Guntram Vesper erhält den Preis der Leipziger Buchmesse in der Kategorie Belletristik, Brigitte Döbert wird in der Kategorie Übersetzung ausgezeichnet
Guntram Vesper: die Jury begründet:
»Guntram Vespers Roman FROHBURG gehört zu den Büchern, bei denen man leicht, ganz schnell, auf die großen Begriffe kommt. Opus magnum. Mammutwerk.« Solche Wendungen. Schließlich breitet Guntram Vesper eine umfangreiche Geschichtslandschaft vor uns aus, die von der Gegenwart aus die alte Bundesrepublik, die DDR natürlich, die Nazizeit umfasst und weit in die Geschichte Deutschlands zurückbindet, bis dahin, wohin nur noch die Geschichtsbücher reichen.

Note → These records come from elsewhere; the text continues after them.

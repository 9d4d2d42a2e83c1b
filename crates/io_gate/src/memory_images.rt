//! Files in memory.
ghost use Rattle.std.specs.Prelude.{
  ◌≡◌,
  ◌≢◌,
  ◌<◌,
  ◌≤◌,
  ◌^◌,
  ◌↔◌,
  Some,
  None,
  true,
  IfOk,
  Ok,
  Err,
  IsOk,
  IsTrue,
  vec_len,
  option_map,
};
ghost use Rattle.std.specs.FinMap.{get};
ghost use Rattle.io_gate.specs.Streams.{Causes};
ghost use Rattle.io_gate.specs.Images.{ReadsNamed, MissesNamed, whole_file};
ghost use Rattle.io_gate.specs.FileLists.{named_files};
ghost use Rattle.io_gate.specs.Calls.{is_due, uncalled, after_call};

use crate::calls::FailingCalls;
use crate::images::{Images, ImagesError};
use std::alloc::Global;
use std::marker::Model;

/// Files in memory, by name. Some of its calls fail, by their numbers.
#[derive(Drop)]
pub struct MemImages {
    files: Vec<(String, Vec<u8>)>,
    calls: FailingCalls,
}

impl Model for MemImages {
    ghost use Rattle.io_gate.specs.Memory.{Shelf, coded_shelf};
    ghost use Rattle.io_gate.specs.FileLists.{named_files};

    ghost Value = { Shelf };

    ghost coded = { coded_shelf };

    ghost view = { λ s. record { files = named_files s.files.items; calls = s.calls } };
}

impl MemImages {
    /// These files. Where a name stands twice, its first pair counts. The calls whose numbers, counted
    /// from 0, stand in `fails` fail.
    pub fn new(files: Vec<(String, Vec<u8>)>, fails: Vec<u64>) -> MemImages
        ensures files { result.files ≡ named_files files.items }
        ensures calls { result.calls ≡ uncalled fails.items }
    {
        MemImages {
            files,
            calls: FailingCalls::new(fails),
        }
    }
}

impl Images for MemImages {
    ghost named = { λ s. Some s.files };

    ghost faults = { λ s. s.calls.faults };

    fn read_whole(
        &mut self,
        alloc: Global,
        name: &str,
        limit: usize,
    ) -> Result<Vec<u8>, ImagesError>
        ensures files { Some self.new.files ≡ Some self.old.files }
        ensures limit { IfOk result (λ bytes. vec_len bytes ≤ limit) }
        ensures content { ReadsNamed (Some self.old.files) name.now limit result }
        ensures missing { result ≡ Err ImagesError.Missing → MissesNamed (Some self.old.files) name.now }
        ensures cause { Causes (result ≡ Err ImagesError.Failed) self.old.calls.faults self.new.calls.faults }
        ensures wanting { result ≡ Err ImagesError.OutOfMemory → IsOk (whole_file (get self.old.files name.now) limit) }
        ensures fails { result ≡ Err ImagesError.Failed ↔ IsTrue (is_due self.old.calls) }
        ensures calls { self.new.calls ≡ after_call (is_due self.old.calls) self.old.calls }
    {
        if self.calls.call().is_err() {
            return Err(ImagesError::Failed);
        }
        read_named(alloc, &self.files, name, limit)
    }
}

/// The first file of the name, whole.
pub fn read_named(
    alloc: Global,
    files: &[(String, Vec<u8>)],
    name: &str,
    limit: usize,
) -> Result<Vec<u8>, ImagesError>
    ensures limit { IfOk result (λ bytes. vec_len bytes ≤ limit) }
    ensures content { ReadsNamed (Some (named_files files.now)) name.now limit result }
    ensures missing { result ≡ Err ImagesError.Missing → MissesNamed (Some (named_files files.now)) name.now }
    ensures wanting { result ≡ Err ImagesError.OutOfMemory
        → IsOk (whole_file (get (named_files files.now) name.now) limit) }
    ensures unfailing { result ≢ Err ImagesError.Failed }
{
    let Some(bytes) = file_of(files, name) else {
        return Err(ImagesError::Missing);
    };
    if bytes.len() > limit {
        return Err(ImagesError::TooLong);
    }
    let Ok(copy) = Vec::from_slice(alloc, bytes) else {
        return Err(ImagesError::OutOfMemory);
    };
    Ok(copy)
}

/// The bytes of the first file of the name.
fn file_of<'a>(files: &'a [(String, Vec<u8>)], name: &str) -> Option<&'a [u8]>
    ensures { option_map (λ bytes. bytes.now) result ≡ get (named_files files.now) name.now }
{
    for (known, bytes) in files {
        if name == known.as_str() {
            return Some(bytes);
        }
    }
    None
}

Es lohnt sich aber, bei diesem Roman nicht nur den großen Bau zu sehen, sondern auf die Ebene der Details zu gehen, die Ebene der einzelnen Sätze. Die Sätze in diesem Buch sind lang, oft bringen sie gleich mehrere Perspektiven zusammen, und sie sind stets konkret, geatmet, nah dran an der Mündlichkeit. Insgesamt folgen sie dabei einer Ästhetik des Verknüpfens. Man spürt beim Lesen manchmal gar nicht, wie gleitend diese Sätze einen durch die Zeiten und Geschichten, Namen und Schauplätze tragen.
Und genauso folgt der Roman auch auf der größeren Ebene dieser Ästhetik des Verknüpfens. Die große Geschichte – Weltkrieg, Einmarsch der Roten Armee, DDR-Alltag, auch Alltag des bundesrepublikanischen Literaturbetriebs – wird mit dem Kleinen, der Geschichte Frohburgs und der eigenen Familiengeschichte verknüpft.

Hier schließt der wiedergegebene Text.